TASK ITEM - Show all lines of the listing that hold the word "ghost".

LISTED ENTRIES -
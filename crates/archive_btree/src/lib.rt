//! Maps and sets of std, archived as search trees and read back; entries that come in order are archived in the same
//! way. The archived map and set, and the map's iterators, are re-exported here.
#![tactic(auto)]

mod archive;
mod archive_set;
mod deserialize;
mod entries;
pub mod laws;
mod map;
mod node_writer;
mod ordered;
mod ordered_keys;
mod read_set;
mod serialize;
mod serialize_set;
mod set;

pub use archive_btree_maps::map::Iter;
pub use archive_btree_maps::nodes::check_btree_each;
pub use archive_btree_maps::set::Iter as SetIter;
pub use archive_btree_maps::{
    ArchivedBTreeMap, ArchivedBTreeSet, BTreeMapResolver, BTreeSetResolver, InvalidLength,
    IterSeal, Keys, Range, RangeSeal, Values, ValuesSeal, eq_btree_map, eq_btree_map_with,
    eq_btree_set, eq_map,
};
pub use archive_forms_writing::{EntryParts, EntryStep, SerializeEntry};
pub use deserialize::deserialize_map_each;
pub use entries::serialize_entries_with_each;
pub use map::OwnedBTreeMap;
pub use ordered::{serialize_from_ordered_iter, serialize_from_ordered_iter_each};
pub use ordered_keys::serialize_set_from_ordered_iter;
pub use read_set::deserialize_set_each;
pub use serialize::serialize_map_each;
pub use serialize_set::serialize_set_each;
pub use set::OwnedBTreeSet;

==

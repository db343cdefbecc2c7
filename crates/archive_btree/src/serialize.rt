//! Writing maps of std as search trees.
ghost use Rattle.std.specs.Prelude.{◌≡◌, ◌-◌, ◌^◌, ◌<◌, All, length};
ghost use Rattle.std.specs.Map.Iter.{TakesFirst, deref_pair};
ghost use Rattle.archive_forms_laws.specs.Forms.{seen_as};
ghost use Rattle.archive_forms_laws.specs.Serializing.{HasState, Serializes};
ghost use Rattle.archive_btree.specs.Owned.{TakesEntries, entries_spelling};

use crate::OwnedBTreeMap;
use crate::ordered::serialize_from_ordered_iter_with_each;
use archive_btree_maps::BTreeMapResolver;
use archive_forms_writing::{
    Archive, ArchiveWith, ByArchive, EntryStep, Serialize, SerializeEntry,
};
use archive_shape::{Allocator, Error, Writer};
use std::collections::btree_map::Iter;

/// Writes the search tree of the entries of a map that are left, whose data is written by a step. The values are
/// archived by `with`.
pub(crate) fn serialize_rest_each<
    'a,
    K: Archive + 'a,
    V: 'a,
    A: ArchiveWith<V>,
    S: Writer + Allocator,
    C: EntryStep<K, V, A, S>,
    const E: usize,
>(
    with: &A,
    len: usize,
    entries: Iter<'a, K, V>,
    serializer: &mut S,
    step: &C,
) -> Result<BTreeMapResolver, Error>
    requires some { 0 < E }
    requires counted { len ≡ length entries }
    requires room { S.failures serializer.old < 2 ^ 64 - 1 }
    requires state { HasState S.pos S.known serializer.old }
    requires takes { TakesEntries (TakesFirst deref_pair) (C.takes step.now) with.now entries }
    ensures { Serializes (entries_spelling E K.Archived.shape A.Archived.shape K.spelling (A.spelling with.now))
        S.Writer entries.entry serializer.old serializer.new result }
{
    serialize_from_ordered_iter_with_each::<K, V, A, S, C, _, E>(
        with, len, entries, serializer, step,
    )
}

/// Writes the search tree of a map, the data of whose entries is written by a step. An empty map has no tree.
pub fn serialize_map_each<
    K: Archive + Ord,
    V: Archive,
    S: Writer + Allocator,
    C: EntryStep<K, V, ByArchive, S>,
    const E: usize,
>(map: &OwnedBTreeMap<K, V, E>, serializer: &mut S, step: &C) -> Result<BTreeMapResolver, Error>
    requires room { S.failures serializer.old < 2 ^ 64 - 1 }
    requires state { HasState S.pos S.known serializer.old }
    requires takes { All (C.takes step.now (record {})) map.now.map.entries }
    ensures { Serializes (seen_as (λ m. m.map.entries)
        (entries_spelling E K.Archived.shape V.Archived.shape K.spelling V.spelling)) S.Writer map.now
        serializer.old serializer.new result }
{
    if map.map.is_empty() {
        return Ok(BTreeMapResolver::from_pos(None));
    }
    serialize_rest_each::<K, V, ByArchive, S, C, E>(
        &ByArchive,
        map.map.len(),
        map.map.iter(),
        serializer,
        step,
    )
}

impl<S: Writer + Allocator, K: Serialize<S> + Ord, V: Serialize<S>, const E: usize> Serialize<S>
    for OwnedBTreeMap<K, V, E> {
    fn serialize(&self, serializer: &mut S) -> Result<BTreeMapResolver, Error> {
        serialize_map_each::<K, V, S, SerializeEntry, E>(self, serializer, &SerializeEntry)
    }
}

TASK ANSWER -
ghost use Rattle.std.specs.Prelude.{◌≡◌, ◌-◌, ◌^◌, ◌<◌, All, length};
ghost use Rattle.std.specs.Map.Iter.{TakesFirst, deref_pair};
ghost use Rattle.archive_forms_laws.specs.Forms.{seen_as};
ghost use Rattle.archive_forms_laws.specs.Serializing.{HasState, Serializes};
ghost use Rattle.archive_btree.specs.Owned.{TakesEntries, entries_spelling};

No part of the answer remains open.